• Problem statement:
Copy each line of the material in which the word "path" appears.
---------- Source material
//! The devices of a source, each answered as it comes.
ghost use Rattle.std.specs.Prelude.{◌≡◌, ◌⊎◌, Err, List, None, IfErr, IfSome, OnOk, IsErrOf, true};
ghost use Rattle.std.specs.Io.KnownBytes.{Appends};
ghost use Rattle.hwdb_spec.specs.Flushing.{HandsOn};
ghost use Rattle.hwdb_spec.specs.Folders.{Source};
ghost use Rattle.hwdb_spec.specs.Tree.{Tree};
ghost use Rattle.hwdb_spec.specs.Format.{IsDatabase};
ghost use Rattle.hwdb_spec.specs.declared.DbFault.{DbFault};
ghost use Rattle.hwdb_spec_commands.specs.ManyDevices.{HasLongLine};
ghost use Rattle.hwdb_spec.specs.Texts.{devices_of, max_file};
ghost use Rattle.hwdb_spec.specs.Written.{IsCompiled};
ghost use Rattle.hwdb_spec.specs.Outputs.{FailedOnly, Wrote};
ghost use Rattle.hwdb_spec_commands.specs.Databases.{IsTextOf};
ghost use Rattle.hwdb_spec_commands.specs.AnsweredLines.{IsLineError, IsPrintedBefore, line_error};
ghost use Rattle.hwdb_answers.specs.Internal.{IsHeard};
ghost use Rattle.hwdb_spec_commands.specs.Streams.{IsAnswerRefusal, IsStreamRefusal, IfBadDatabase, texts_of, last_texts_of};

use crate::chunk::LineReader;
use crate::device_texts::text_of_device;
use crate::renewal::{Kept, Nowhere, Renewal};
use hwdb_io::{MAX_BYTES, Sink, Source, write_text};
use hwdb_query::compiled_answers_are_last;
use hwdb_reader::{check, reopen};
use hwdb_spec::ToolError;
use hwdb_spec_commands::Form;
use std::alloc::Global;

/// Says a line on standard error. Whether it took the line.
fn say<E: Sink>(err: &mut E, line: &[u8]) -> bool
    ensures heard { (first : E) → IsHeard true (E.is_flushed first) (E.is_flushed err.old)
        (E.failures first) (E.failures err.old)
        → IsHeard result (E.is_flushed first) (E.is_flushed err.new)
        (E.failures first) (E.failures err.new) }
{
    match write_text(err, line) {
        Ok(()) => true,
        Err(_) => false,
    }
}

/// Takes what came in the database's place, and says what there is to say of it. After a line that standard error didn't take
/// nothing more is said: `is_heard` tells whether it took all of them so far.
fn renew<R: Renewal, E: Sink>(database: &mut R, err: &mut E, is_heard: bool) -> bool
    ensures database { (t : Tree) → IsDatabase (R.held database.old) t
        → (u : Tree) × IsDatabase (R.held database.new) u }
    ensures same { R.stays database.old → R.held database.new ≡ R.held database.old }
    ensures stays { R.stays database.old → R.stays database.new }
    ensures quiet { R.stays database.old → err.new ≡ err.old }
    ensures heard { (first : E) → IsHeard is_heard (E.is_flushed first) (E.is_flushed err.old)
        (E.failures first) (E.failures err.old)
        → IsHeard result (E.is_flushed first) (E.is_flushed err.new)
        (E.failures first) (E.failures err.new) }
{
    let Some(line) = database.renew() else {
        return is_heard;
    };
    if is_heard {
        return say(err, &line);
    }
    false
}

/// Answers each device that the input names, from the bytes that are there when its line was read. One line and one text are
/// held at a time.
fn answer_lines<R: Renewal, I: Source, O: Sink, E: Sink>(
    alloc: Global,
    database: &mut R,
    form: Form,
    input: &mut I,
    out: &mut O,
    err: &mut E,
) -> Result<(), ToolError>
    requires database { (t : Tree) × IsDatabase (R.held database.old) t }
    ensures printed { R.stays database.old → OnOk result (IfSome (I.left input.old) (λ text.
        Wrote (IsTextOf (texts_of form (devices_of text)) (R.held database.old))
        (O.taken out.old) (O.taken out.new))) }
    ensures all { OnOk result
        (IfSome (I.left input.old) (λ text. line_error (devices_of text) ≡ None)) }
    ensures refusals { IfErr result IsAnswerRefusal }
    ensures too_long { IsErrOf result ToolError.TooLong
        → IfSome (I.left input.old) (HasLongLine max_file) }
    ensures line { IfErr result (λ e. IfSome (I.left input.old)
        (λ text. IsLineError e (line_error (devices_of text)))) }
    ensures reads { FailedOnly ToolError.Read result (I.failures input.old) (I.failures input.new) }
    ensures writes { FailedOnly ToolError.Write result (O.failures out.old) (O.failures out.new) }
    ensures before { R.stays database.old
        → IfErr result (λ e. IfSome (I.left input.old) (λ text. IsPrintedBefore e
        (λ lines. IsTextOf (texts_of form lines) (R.held database.old)) (devices_of text)
        (O.taken out.old) (O.taken out.new))) }
    ensures hands_on { HandsOn (O.is_flushed out.old) (O.is_flushed out.new)
        (O.failures out.old) (O.failures out.new) }
    ensures quiet { R.stays database.old → err.new ≡ err.old }
    ensures err_hands_on { HandsOn (E.is_flushed err.old) (E.is_flushed err.new)
        (E.failures err.old) (E.failures err.new) }
{
    let mut lines = LineReader::new();
    let mut is_first = true;
    let mut is_heard = true;
    'answering: for _ in 0..u64::MAX {
        let Some(device) = lines.next_line(alloc, input, MAX_BYTES)? else {
            return Ok(());
        };
        is_heard = renew(database, err, is_heard);
        let db = reopen(database.bytes());
        let text = text_of_device(alloc, &db, &device, form, is_first)?;
        write_text(out, &text)?;
        is_first = false;
    }
    Err(ToolError::TooManyLines)
}

/// The same as [`run_stream`], of a database that may be replaced between two answers: each is of the bytes that are there
/// when its line was read. They are checked once here, and whoever renews them checks those that come.
pub fn run_renewed<R: Renewal, I: Source, O: Sink, E: Sink>(
    alloc: Global,
    database: &mut R,
    form: Form,
    input: &mut I,
    out: &mut O,
    err: &mut E,
) -> Result<(), ToolError>
    ensures printed { R.stays database.old → OnOk result (IfSome (I.left input.old) (λ text.
        Wrote (IsTextOf (texts_of form (devices_of text)) (R.held database.old))
        (O.taken out.old) (O.taken out.new))) }
    ensures all { OnOk result
        (IfSome (I.left input.old) (λ text. line_error (devices_of text) ≡ None)) }
    ensures refusals { IfErr result (IsStreamRefusal (R.held database.old)) }
    ensures too_long { IsErrOf result ToolError.TooLong
        → IfSome (I.left input.old) (HasLongLine max_file) }
    ensures line { IfErr result (λ e. IfSome (I.left input.old)
        (λ text. IsLineError e (line_error (devices_of text)))) }
    ensures reads { FailedOnly ToolError.Read result (I.failures input.old) (I.failures input.new) }
    ensures writes { FailedOnly ToolError.Write result (O.failures out.old) (O.failures out.new) }
    ensures before { R.stays database.old
        → IfErr result (λ e. IfSome (I.left input.old) (λ text. IsPrintedBefore e
        (λ lines. IsTextOf (texts_of form lines) (R.held database.old)) (devices_of text)
        (O.taken out.old) (O.taken out.new))) }
    ensures untouched { IfErr result (IfBadDatabase
        ((input.new ≡ input.old) × (out.new ≡ out.old))) }
    ensures checked { ((fault : DbFault) × (result ≡ Err (ToolError.BadDatabase fault)))
        ⊎ ((t : Tree) × IsDatabase (R.held database.old) t) }
    ensures hands_on { HandsOn (O.is_flushed out.old) (O.is_flushed out.new)
        (O.failures out.old) (O.failures out.new) }
    ensures quiet { R.stays database.old → err.new ≡ err.old }
    ensures err_hands_on { HandsOn (E.is_flushed err.old) (E.is_flushed err.new)
        (E.failures err.old) (E.failures err.new) }
{
    check(database.bytes())?;
    answer_lines(alloc, database, form, input, out, err)
}

/// Checks the bytes, and then reads devices from `input`, one a line. Each is printed to `out` as soon as its line is read:
/// what [`answers`](crate::answers) answers of these devices. Memory doesn't grow with their number.
///
/// Bytes that are no database are an error before anything is read. Then these are: a failed read, a failed write, a line of
/// more bytes than `MAX_BYTES`, more lines than can be counted, and memory. Before a line that is too long all lines were
/// answered, each whole. After a failed read, and without memory, some were; after a failed write a prefix was printed.
pub fn run_stream<I: Source, O: Sink>(
    alloc: Global,
    bytes: &[u8],
    form: Form,
    input: &mut I,
    out: &mut O,
) -> Result<(), ToolError>
    ensures printed { OnOk result (IfSome (I.left input.old) (λ text.
        Wrote (IsTextOf (texts_of form (devices_of text)) bytes.now)
        (O.taken out.old) (O.taken out.new))) }
    ensures headline { OnOk result (IfSome (I.left input.old) (λ text.
        (etc usr : List Source) → IsCompiled etc usr bytes.now
        → Appends (O.taken out.old) (O.taken out.new)
        (last_texts_of form (devices_of text) etc usr))) }
    ensures all { OnOk result
        (IfSome (I.left input.old) (λ text. line_error (devices_of text) ≡ None)) }

    ensures refusals { IfErr result (IsStreamRefusal bytes.now) }
    ensures too_long { IsErrOf result ToolError.TooLong
        → IfSome (I.left input.old) (HasLongLine max_file) }
    ensures line { IfErr result (λ e. IfSome (I.left input.old)
        (λ text. IsLineError e (line_error (devices_of text)))) }
    ensures reads { FailedOnly ToolError.Read result (I.failures input.old) (I.failures input.new) }
    ensures writes { FailedOnly ToolError.Write result (O.failures out.old) (O.failures out.new) }
    ensures before { IfErr result (λ e. IfSome (I.left input.old) (λ text. IsPrintedBefore e
        (λ lines. IsTextOf (texts_of form lines) bytes.now) (devices_of text)
        (O.taken out.old) (O.taken out.new))) }
    ensures untouched { IfErr result (IfBadDatabase
        ((input.new ≡ input.old) × (out.new ≡ out.old))) }
    ensures hands_on { HandsOn (O.is_flushed out.old) (O.is_flushed out.new)
        (O.failures out.old) (O.failures out.new) }
{
    compiled_answers_are_last();
    run_renewed(alloc, &mut Kept { bytes }, form, input, out, &mut Nowhere)
}
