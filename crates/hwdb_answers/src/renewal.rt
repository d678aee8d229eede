//! The database of a stream of devices: bytes that may be replaced between two answers.
ghost use Rattle.std.specs.Prelude.{◌≡◌, ℕ, List, IfSome, None};
ghost use Rattle.hwdb_spec.specs.Tree.{Tree};
ghost use Rattle.hwdb_spec.specs.Format.{IsDatabase};
ghost use Rattle.hwdb_spec_commands.specs.Reloads.{IsReloadLine};

use hwdb_io::{DeviceFailed, Sink};

/// The bytes of the database that answers. Between two answers others may come in their place, whole.
pub trait Renewal {
    /// The bytes.
    ghost held: { Self → List ℕ };

    /// No others come in their place.
    ghost stays: { Self → Type 0 };

    /// The bytes that answer now. Takes no time.
    fn bytes(&self) -> &[u8]
        ensures { result.now ≡ held self.now };

    /// Takes those that came in their place, if there are any. They are a database, if those before were one. Returns the line
    /// to say, if what came can't be taken, or can be taken again.
    fn renew(&mut self) -> Option<Vec<u8>>
        ensures database { (t : Tree) → IsDatabase (held self.old) t
            → (u : Tree) × IsDatabase (held self.new) u }
        ensures same { stays self.old → held self.new ≡ held self.old }
        ensures stays { stays self.old → stays self.new }
        ensures quiet { stays self.old → result ≡ None }
        ensures line { IfSome result (λ line. IsReloadLine line.items) };
}

/// Bytes that nobody replaces.
#[derive(Drop)]
pub struct Kept<'a> {
    /// The bytes.
    pub bytes: &'a [u8],
}

impl<'a> Renewal for Kept<'a> {
    ghost held = { λ k. k.bytes.now };

    ghost stays = { λ _. Unit {0} };

    fn bytes(&self) -> &[u8] {
        self.bytes
    }

    fn renew(&mut self) -> Option<Vec<u8>> {
        None
    }
}

/// Takes what is written, and keeps nothing.
#[derive(Drop)]
pub(crate) struct Nowhere;

impl Sink for Nowhere {
    ghost taken = { λ _. None };

    ghost is_flushed = { λ _. Unit {0} };

    ghost failures = { λ _. 0 };

    fn write(&mut self, buf: &[u8]) -> Result<usize, DeviceFailed> {
        Ok(buf.len())
    }

    fn flush(&mut self) -> Result<(), DeviceFailed> {
        Ok(())
    }
}
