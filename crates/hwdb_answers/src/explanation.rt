//! The lines of `explain`: a device's properties, and where each value comes from.
ghost use Rattle.std.specs.Prelude.{◌≡◌, ◌++◌, map, flat_map, IfOk, OnOk};
ghost use Rattle.hwdb_spec.specs.Explanations.{origin_line, overridden_text, explanation_text, explanations_text};
ghost use Rattle.hwdb_query.specs.Views.{assignment_of_answer, explained_values};

use crate::texts::{push_place, push_property};
use hwdb_query::{Explained, StoredAssignment};
use std::alloc::{AllocError, Global};

/// Adds where an answer comes from: four spaces, its path, `:`, its line, two spaces, its pattern.
fn push_origin(text: &mut Vec<u8>, answer: &StoredAssignment<'_>) -> Result<(), AllocError>
    ensures { OnOk result
        (text.new.items ≡ text.old.items ++ origin_line (assignment_of_answer answer.now)) }
{
    text.extend_from_slice(b"    ")?;
    push_place(text, answer.path, answer.line)?;
    text.extend_from_slice(b"  ")?;
    text.extend_from_slice(&answer.pattern)?;
    text.push(b'\n')?;
    Ok(())
}

/// Adds an answer that is overridden: its `KEY=VALUE` after ` overrides `, and where it comes from.
fn push_overridden(text: &mut Vec<u8>, answer: &StoredAssignment<'_>) -> Result<(), AllocError>
    ensures { OnOk result
        (text.new.items ≡ text.old.items ++ overridden_text (assignment_of_answer answer.now)) }
{
    text.extend_from_slice(b"  overrides ")?;
    push_property(text, answer.key, answer.value)?;
    push_origin(text, answer)
}

/// Adds one after another.
fn push_all_overridden(
    text: &mut Vec<u8>,
    answers: &[StoredAssignment<'_>],
) -> Result<(), AllocError>
    ensures { OnOk result (text.new.items
        ≡ text.old.items ++ flat_map overridden_text (map assignment_of_answer answers.now)) }
{
    for answer in answers {
        push_overridden(text, answer)?;
    }
    Ok(())
}

/// Adds what is told of a key: `KEY=VALUE`, where that comes from, and the answers that it overrides.
fn push_explanation(text: &mut Vec<u8>, explained: &Explained<'_>) -> Result<(), AllocError>
    ensures { OnOk result
        (text.new.items ≡ text.old.items ++ explanation_text explained.now.key.now
        (map assignment_of_answer explained.now.answers.items)) }
{
    let Some((last, overridden)) = explained.answers.split_first() else {
        return Ok(());
    };
    push_property(text, explained.key, last.value)?;
    push_origin(text, last)?;
    push_all_overridden(text, overridden)
}

/// What is told of each key, one after another.
pub fn explanation_lines(
    alloc: Global,
    explanations: &[Explained<'_>],
) -> Result<Vec<u8>, AllocError>
    ensures { IfOk result
        (λ text. text.items ≡ explanations_text (explained_values explanations.now)) }
{
    let mut text = Vec::new(alloc);
    for explained in explanations {
        push_explanation(&mut text, explained)?;
    }
    Ok(text)
}
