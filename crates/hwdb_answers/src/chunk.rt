//! What a reader of lines holds.
ghost use Rattle.std.specs.Prelude.{◌≤◌};
ghost use Rattle.hwdb_io.specs.declared.transfer.TheConstants.{CHUNK};

use hwdb_io::CHUNK;

/// Bytes of a source that were read, of which some were handed on as lines.
#[derive(Drop)]
pub struct LineReader {
    /// What was read at last.
    pub(crate) chunk: [u8; CHUNK],
    /// How many bytes of it were handed on.
    pub(crate) at: usize,
    /// How many bytes were read.
    pub(crate) end: usize,
    ghost handed: { at ≤ end },
    ghost within: { end ≤ CHUNK },
}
--------------------
• Solution to this problem:
/// Adds where an answer comes from: four spaces, its path, `:`, its line, two spaces, its pattern.
    push_place(text, answer.path, answer.line)?;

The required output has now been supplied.